***** Dataset excerpts *****
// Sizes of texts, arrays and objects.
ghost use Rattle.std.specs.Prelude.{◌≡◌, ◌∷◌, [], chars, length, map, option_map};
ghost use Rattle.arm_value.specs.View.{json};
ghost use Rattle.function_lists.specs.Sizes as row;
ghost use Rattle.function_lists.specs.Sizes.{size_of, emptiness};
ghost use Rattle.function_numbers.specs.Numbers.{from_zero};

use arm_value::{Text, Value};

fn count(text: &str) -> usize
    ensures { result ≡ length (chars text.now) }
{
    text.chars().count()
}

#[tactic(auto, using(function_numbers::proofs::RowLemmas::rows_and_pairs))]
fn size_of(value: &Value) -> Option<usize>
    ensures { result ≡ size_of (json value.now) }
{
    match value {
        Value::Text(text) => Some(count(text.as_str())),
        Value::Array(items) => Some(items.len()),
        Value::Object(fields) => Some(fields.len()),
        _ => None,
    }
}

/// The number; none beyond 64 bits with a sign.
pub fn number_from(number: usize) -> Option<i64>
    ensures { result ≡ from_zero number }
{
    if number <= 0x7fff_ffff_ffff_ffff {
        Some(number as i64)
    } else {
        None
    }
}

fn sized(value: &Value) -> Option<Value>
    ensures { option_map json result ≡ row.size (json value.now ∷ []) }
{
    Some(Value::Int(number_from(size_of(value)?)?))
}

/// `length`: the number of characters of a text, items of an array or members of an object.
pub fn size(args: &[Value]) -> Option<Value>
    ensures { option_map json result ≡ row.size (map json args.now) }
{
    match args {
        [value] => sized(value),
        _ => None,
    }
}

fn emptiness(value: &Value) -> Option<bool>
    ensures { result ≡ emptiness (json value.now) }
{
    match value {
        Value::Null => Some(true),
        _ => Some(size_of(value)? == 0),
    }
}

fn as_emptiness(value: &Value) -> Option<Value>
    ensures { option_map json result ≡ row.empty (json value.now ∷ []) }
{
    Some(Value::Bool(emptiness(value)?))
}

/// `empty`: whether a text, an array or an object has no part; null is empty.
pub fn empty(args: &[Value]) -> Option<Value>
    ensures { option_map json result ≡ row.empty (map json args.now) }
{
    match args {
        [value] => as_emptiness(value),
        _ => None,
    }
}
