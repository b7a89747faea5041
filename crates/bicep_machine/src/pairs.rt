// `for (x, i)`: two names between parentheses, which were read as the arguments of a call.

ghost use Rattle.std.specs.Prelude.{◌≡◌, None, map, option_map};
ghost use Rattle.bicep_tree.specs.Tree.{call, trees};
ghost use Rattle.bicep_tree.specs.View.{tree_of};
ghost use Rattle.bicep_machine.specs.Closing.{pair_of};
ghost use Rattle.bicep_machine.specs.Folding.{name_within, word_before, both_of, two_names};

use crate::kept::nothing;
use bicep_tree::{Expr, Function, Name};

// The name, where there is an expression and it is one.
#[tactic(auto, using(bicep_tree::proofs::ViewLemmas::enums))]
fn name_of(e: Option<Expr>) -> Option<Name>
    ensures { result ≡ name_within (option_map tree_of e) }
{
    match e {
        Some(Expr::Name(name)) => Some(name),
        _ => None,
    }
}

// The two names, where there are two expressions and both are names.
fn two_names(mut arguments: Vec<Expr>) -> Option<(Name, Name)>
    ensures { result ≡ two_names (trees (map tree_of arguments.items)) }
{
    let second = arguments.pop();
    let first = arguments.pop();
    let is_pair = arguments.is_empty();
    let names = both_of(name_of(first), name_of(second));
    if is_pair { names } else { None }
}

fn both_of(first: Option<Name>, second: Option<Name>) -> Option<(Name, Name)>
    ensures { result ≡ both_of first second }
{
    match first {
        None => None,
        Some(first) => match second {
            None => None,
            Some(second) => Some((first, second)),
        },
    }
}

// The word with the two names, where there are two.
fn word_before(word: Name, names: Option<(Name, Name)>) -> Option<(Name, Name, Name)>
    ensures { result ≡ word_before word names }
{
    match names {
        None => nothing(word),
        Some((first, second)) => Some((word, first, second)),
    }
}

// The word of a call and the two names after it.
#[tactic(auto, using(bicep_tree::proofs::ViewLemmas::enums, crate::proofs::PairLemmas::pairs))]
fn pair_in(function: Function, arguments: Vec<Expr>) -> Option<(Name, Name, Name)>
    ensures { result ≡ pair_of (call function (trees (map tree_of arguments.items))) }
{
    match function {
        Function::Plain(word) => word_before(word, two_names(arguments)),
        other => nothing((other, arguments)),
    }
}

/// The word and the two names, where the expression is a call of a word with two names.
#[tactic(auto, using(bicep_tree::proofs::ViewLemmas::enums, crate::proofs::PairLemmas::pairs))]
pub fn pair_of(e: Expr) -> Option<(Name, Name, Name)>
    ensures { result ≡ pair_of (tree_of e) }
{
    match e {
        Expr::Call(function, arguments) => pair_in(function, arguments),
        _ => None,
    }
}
*****
* Task prompt: For every line of the material above that contains the word "proofs", show the line.

* Written reply:
#[tactic(auto, using(function_numbers::proofs::RowLemmas::rows_and_pairs))]
#[tactic(auto, using(bicep_tree::proofs::ViewLemmas::enums))]
#[tactic(auto, using(bicep_tree::proofs::ViewLemmas::enums, crate::proofs::PairLemmas::pairs))]
#[tactic(auto, using(bicep_tree::proofs::ViewLemmas::enums, crate::proofs::PairLemmas::pairs))]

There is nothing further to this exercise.